_Task instructions_:
Below are entries to examine: work out how many lines contain the word "Missing", and give only that number.

(Collected data entries)
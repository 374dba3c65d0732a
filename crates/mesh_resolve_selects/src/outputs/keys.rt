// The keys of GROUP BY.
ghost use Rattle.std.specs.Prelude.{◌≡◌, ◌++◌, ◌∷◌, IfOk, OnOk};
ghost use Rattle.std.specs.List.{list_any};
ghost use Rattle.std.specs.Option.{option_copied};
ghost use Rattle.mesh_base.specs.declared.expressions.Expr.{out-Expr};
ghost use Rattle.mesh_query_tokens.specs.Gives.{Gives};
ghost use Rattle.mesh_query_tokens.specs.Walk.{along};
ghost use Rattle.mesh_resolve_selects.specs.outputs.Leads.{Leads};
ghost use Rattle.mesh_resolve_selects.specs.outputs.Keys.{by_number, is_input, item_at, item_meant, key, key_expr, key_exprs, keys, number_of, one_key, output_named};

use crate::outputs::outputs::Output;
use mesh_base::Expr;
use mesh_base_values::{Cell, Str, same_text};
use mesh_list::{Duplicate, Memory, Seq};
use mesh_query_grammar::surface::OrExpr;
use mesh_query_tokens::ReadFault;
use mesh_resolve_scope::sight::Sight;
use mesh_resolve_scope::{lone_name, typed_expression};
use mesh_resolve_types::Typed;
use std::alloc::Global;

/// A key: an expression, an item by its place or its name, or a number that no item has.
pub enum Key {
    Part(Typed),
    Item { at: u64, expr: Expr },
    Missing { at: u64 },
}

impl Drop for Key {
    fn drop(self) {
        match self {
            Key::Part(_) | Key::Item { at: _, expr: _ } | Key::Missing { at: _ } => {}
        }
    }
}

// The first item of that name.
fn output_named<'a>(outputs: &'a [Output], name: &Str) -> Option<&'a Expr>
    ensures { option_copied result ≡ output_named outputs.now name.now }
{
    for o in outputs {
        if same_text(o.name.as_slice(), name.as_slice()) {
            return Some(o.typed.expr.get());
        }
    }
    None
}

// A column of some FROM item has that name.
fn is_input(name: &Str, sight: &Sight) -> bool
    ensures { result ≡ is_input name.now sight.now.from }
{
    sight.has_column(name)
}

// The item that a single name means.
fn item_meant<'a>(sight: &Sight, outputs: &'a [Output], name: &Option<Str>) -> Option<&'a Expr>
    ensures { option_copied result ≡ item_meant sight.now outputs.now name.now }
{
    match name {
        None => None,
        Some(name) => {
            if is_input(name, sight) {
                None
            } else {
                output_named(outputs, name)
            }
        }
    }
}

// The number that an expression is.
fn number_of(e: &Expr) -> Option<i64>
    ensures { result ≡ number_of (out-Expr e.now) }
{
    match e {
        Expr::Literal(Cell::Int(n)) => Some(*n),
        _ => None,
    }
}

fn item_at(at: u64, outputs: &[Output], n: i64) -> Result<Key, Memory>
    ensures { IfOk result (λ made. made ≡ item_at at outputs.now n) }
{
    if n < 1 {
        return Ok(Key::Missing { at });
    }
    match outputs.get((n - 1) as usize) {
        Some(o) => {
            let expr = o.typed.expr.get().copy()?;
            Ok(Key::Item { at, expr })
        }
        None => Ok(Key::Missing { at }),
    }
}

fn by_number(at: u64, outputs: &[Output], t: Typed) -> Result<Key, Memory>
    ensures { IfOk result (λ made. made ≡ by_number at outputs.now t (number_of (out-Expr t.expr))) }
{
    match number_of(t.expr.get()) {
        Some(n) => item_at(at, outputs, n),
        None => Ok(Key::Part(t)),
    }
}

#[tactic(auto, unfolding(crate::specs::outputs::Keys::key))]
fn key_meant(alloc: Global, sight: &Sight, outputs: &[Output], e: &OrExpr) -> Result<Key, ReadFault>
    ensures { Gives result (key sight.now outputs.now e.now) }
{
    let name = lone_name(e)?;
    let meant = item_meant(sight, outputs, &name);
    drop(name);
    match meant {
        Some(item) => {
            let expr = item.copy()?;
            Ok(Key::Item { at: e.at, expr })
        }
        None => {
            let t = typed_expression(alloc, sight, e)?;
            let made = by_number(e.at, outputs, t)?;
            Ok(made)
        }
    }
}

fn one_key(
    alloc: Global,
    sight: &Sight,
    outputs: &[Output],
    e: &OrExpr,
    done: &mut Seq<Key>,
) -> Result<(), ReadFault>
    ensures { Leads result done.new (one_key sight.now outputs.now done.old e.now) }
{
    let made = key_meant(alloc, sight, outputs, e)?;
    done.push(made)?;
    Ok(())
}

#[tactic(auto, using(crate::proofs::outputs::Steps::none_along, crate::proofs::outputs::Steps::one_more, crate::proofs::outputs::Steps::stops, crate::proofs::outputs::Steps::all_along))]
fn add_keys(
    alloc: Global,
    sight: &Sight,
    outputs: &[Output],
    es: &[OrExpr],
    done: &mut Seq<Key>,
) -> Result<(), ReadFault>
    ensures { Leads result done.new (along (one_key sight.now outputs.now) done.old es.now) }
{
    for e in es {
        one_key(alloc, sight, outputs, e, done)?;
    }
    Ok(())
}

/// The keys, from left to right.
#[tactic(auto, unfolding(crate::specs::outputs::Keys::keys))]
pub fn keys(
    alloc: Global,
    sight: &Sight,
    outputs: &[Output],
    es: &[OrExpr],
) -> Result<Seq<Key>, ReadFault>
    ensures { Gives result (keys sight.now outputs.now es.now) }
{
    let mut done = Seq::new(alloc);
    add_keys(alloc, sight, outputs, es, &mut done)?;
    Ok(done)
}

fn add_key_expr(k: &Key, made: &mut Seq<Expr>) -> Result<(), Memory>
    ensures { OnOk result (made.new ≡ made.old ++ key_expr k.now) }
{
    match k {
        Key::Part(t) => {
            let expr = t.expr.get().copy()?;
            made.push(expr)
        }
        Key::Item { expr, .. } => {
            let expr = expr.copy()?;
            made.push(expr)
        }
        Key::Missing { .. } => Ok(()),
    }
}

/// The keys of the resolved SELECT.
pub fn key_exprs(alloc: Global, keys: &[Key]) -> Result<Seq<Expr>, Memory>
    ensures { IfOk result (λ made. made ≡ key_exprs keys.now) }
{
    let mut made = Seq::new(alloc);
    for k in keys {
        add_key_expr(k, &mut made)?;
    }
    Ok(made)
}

_Solution below_:
5